Так получается, что порой одна и та же вещь становится памятником сразу в нескольких различных смыслах. Чаще всего это верно для разного рода сооружений, сознательно мемориальных — оказывающихся, однако, мемориалами в квадрате, а то и в кубе: ибо, помимо прославляемого события, напоминают также о своих создателях, их времени и обстоятельствах, а нередко и о чем-то еще. Так, орден Александра Невского — это не только мемориал средневекового князя, но и память о военной составляющей советской эпохи, а также о советском кино и популярном актере Черкасове, чей лик запечатлен на медальерном барельефе.

Еще большее наслоение мемориальных смыслов содержит выпущенная специализирующимся на восточной литературе частным петербургским издательством «Гиперион» книга «Удивительные сведения об окружающих [Землю] морях» («Канкай Ибун»).

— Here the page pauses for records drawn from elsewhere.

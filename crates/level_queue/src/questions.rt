//! The open questions in lectic order. They change in place: one is taken out, or a row narrows all.

ghost use Rattle.std.specs.Prelude.{◌≡◌, ◌<◌, ◌≤◌, ◌-◌, ◌++◌, length, map, take, drop, true, false, slice_get, slice_index_or, slice_set};
ghost use Rattle.std.specs.Prelude.{nat_lt, not, ◌&&◌, Some, IfSome, IsSome, IfOk};
ghost use Rattle.std.specs.List.{list_all, list_any, remove};
ghost use Rattle.fca_model.specs.Sets.{increasing};
ghost use Rattle.fca_model.specs.Implications.{Rule, premises};
ghost use Rattle.fca_model.specs.Invariant.{Among};
ghost use Rattle.level_queue.specs.Queue.{narrowed, still_open, is_unclosed, is_left, is_same};

use crate::question_list::{QuestionList, Row};
use attr_bits::Attrs;
use fca_model::Memory;
use implication_closure::Question;
use std::alloc::Global;
use std::marker::Model;

/// The questions from place `first` on. Those before it were taken out.
#[derive(Drop)]
pub(crate) struct OpenQuestions {
    list: QuestionList,
    first: usize,
}

impl Model for OpenQuestions {
    ghost use Rattle.std.specs.Prelude.{List, ◌≤◌, length, drop};
    ghost use Rattle.fca_model.specs.Implications.{Rule};

    ghost Value = { List Rule };

    ghost view = { λ a. drop a.first a.list };

    ghost invariant = { λ a. a.first ≤ length a.list };
}

impl OpenQuestions {
    /// These questions.
    pub(crate) fn new(alloc: Global, questions: Vec<Question>) -> Result<OpenQuestions, Memory>
        ensures { IfOk result (λ them. them ≡ questions.items) }
    {
        let list = QuestionList::new(alloc, questions)?;
        Ok(OpenQuestions { list, first: 0 })
    }

    /// The questions.
    pub(crate) fn as_slice(&self) -> &[Question]
        ensures { result.now ≡ self.now }
    {
        &self.list.as_slice()[self.first..]
    }

    /// The question at place i.
    pub(crate) fn get(&self, i: usize) -> Question
        requires { i < length self.now }
        ensures { result ≡ slice_index_or self.now i result }
    {
        self.list.as_slice()[self.first + i]
    }

    /// The place of the question, found by its premise.
    pub(crate) fn place_of(&self, question: &Question) -> Option<usize>
        requires { increasing (premises self.now) ≡ true }
        ensures inside { IfSome result (λ i. i < length self.now) }
        ensures found { IfSome result (λ i. slice_get self.now i ≡ Some question.now) }
        ensures there { Among self.now question.now → IsSome result }
    {
        let place = self.list.first_from(self.first, &question.premise);
        if is_question_at(self.as_slice(), place, question) {
            Some(place)
        } else {
            None
        }
    }

    /// Takes out the question at place i. Those before it move. They are few, as experts are asked the first questions.
    pub(crate) fn take_out(&mut self, i: usize)
        requires { i < length self.old }
        ensures { self.new ≡ remove self.old i }
    {
        let _count = self.list.as_slice().len();
        let first = self.first;
        self.list.copy_within(first, first + i, first + 1);
        self.first = first + 1;
    }

    /// Narrows the questions, none of which is closed, by a row. Those that it closes are dropped.
    pub(crate) fn narrow(&mut self, row: &Attrs)
        requires { list_all is_unclosed self.old ≡ true }
        ensures { self.new ≡ still_open (map (narrowed row.now) self.old) }
    {
        self.first = narrow_from(&mut self.list, self.first, &Row::new(row));
    }
}

/// Narrows the questions from a place on, none of which is closed, by a row. Those that are still not closed stand from the returned place on, so a question moves
/// only if a later one is dropped. Questions between two that are dropped move together.
fn narrow_from(list: &mut QuestionList, first: usize, row: &Row) -> usize
    requires inside { first ≤ length list.old }
    requires unclosed { list_all is_unclosed (drop first list.old) ≡ true }
    ensures inside { result ≤ length list.new }
    ensures narrowed { drop result list.new ≡ still_open (map (narrowed row.now) (drop first list.old)) }
{
    let mut kept = list.as_slice().len();
    let mut end = kept;
    let mut place = list.end_of_reached(first, end, row);
    while first < place {
        if !list.narrow_at(place - 1, row) {
            kept = move_up(list, place, end, kept);
            end = place - 1;
        }
        place = list.end_of_reached(first, place - 1, row);
    }
    move_up(list, first, end, kept)
}

/// Moves the questions between two places up to those from a later place on. Returns where they begin now.
fn move_up(list: &mut QuestionList, first: usize, end: usize, later: usize) -> usize
    requires some { first ≤ end }
    requires before { end ≤ later }
    requires inside { later ≤ length list.old }
    ensures place { result ≡ later - (end - first) }
    ensures moved { drop result list.new ≡ take (end - first) (drop first list.old) ++ drop later list.old }
    ensures rest { take first list.new ≡ take first list.old }
    ensures long { length list.new ≡ length list.old }
{
    let place = later - (end - first);
    if place != first {
        list.copy_within(first, end, place);
    }
    place
}

/// Whether there are questions and the row closes all of them.
pub(crate) fn closes_all(questions: &[Question], row: &Attrs) -> bool
    ensures { result ≡ (nat_lt 0 (length questions.now) && not (list_any (is_left row.now) questions.now)) }
{
    !questions.is_empty() && !is_any_left(questions, row)
}

/// Whether the row leaves one of the questions not closed.
fn is_any_left(questions: &[Question], row: &Attrs) -> bool
    ensures { result ≡ list_any (is_left row.now) questions.now }
{
    questions.iter().any(|i| is_left(i, row))
}

/// Whether the row leaves the question not closed.
fn is_left(question: &Question, row: &Attrs) -> bool
    ensures { result ≡ is_left row.now question.now }
{
    if question.premise.within(row) {
        question.premise != question.conclusion.meet(row)
    } else {
        question.premise != question.conclusion
    }
}

/// Whether the question stands at the place.
fn is_question_at(questions: &[Question], place: usize, question: &Question) -> bool
    ensures { result ≡ (nat_lt place (length questions.now) && is_same question.now (slice_index_or questions.now place question.now)) }
{
    place < questions.len() && is_same(&questions[place], question)
}

/// Whether both are one question.
fn is_same(one: &Question, other: &Question) -> bool
    ensures { result ≡ is_same other.now one.now }
{
    one.premise == other.premise && one.conclusion == other.conclusion
}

Разумеется, в первую очередь, это памятник уходящей натуре: российской (петербургской) академической японистике. «Удивительные сведения…» — перевод японского трактата начала XIX века — последняя работа выдающегося русского япониста В. Н. Горегляда (1932–2002), выпущенный под редакцией его ученицы К. Г. Маранджян. Можно с определенностью сказать, что это представители последних поколений значительной научной школы, просуществовавшей два с половиной века. Наследников у них нет, и если русский народ когда-либо захочет для себя и своего государства судьбы, отличной от участи китайского сырьевого придатка, то академическую японистику ему, по сути, придется создавать заново. «После ухода ученого, — пишет в предисловии К. Маранджян, — в нашей стране фактически не осталось специалистов, столь свободно владеющих мастерством чтения (японских — Л. У.) скорописных текстов. А рукопись „Канкай Ибун“ как раз и записана скорописным почерком, расшифровать который ныне никому из петербургских (и не только!) японистов уже не под силу». Видимо, это не единственный из утраченных навыков…

Не станем, однако, углубляться в данный мемориальный пласт — он достоин отдельного разговора, — а перейдем к прочим.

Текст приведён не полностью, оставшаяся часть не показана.